[DATASET EXTRACT]

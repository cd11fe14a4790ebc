//! Laws of what controllers show of ANA groups, in the words of the subject. Each of these functions
//! does nothing: its contract is the law, whatever the configurations and the edits are.
ghost use Rattle.ana_view.specs.Laws.{ChangesAreCounted, GroupsAreListed};

/// The groups of a log page rise, each with its state and exactly the subsystem's namespaces that are
/// in it and that the host sees, rising; a group is listed where it holds one of them, and not else.
pub fn groups_are_listed()
    ensures { GroupsAreListed }
{}

/// Each count is the number of edits since the controller was last enabled that changed what it
/// counts, modulo 2^64.
#[tactic(auto, using(crate::proofs::Counting::changes_are_counted))]
pub fn changes_are_counted()
    ensures { ChangesAreCounted }
{}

[/DATASET EXTRACT]

▸ YOUR ASSIGNMENT: Once the records are read, print each of them exactly as written.

▸ ANSWER:
repository cd11fe14a4790ebc
//! Laws of what controllers show of ANA groups, in the words of the subject. Each of these functions
//! does nothing: its contract is the law, whatever the configurations and the edits are.
ghost use Rattle.ana_view.specs.Laws.{ChangesAreCounted, GroupsAreListed};

/// The groups of a log page rise, each with its state and exactly the subsystem's namespaces that are
/// in it and that the host sees, rising; a group is listed where it holds one of them, and not else.
pub fn groups_are_listed()
    ensures { GroupsAreListed }
{}

/// Each count is the number of edits since the controller was last enabled that changed what it
/// counts, modulo 2^64.
#[tactic(auto, using(crate::proofs::Counting::changes_are_counted))]
pub fn changes_are_counted()
    ensures { ChangesAreCounted }
{}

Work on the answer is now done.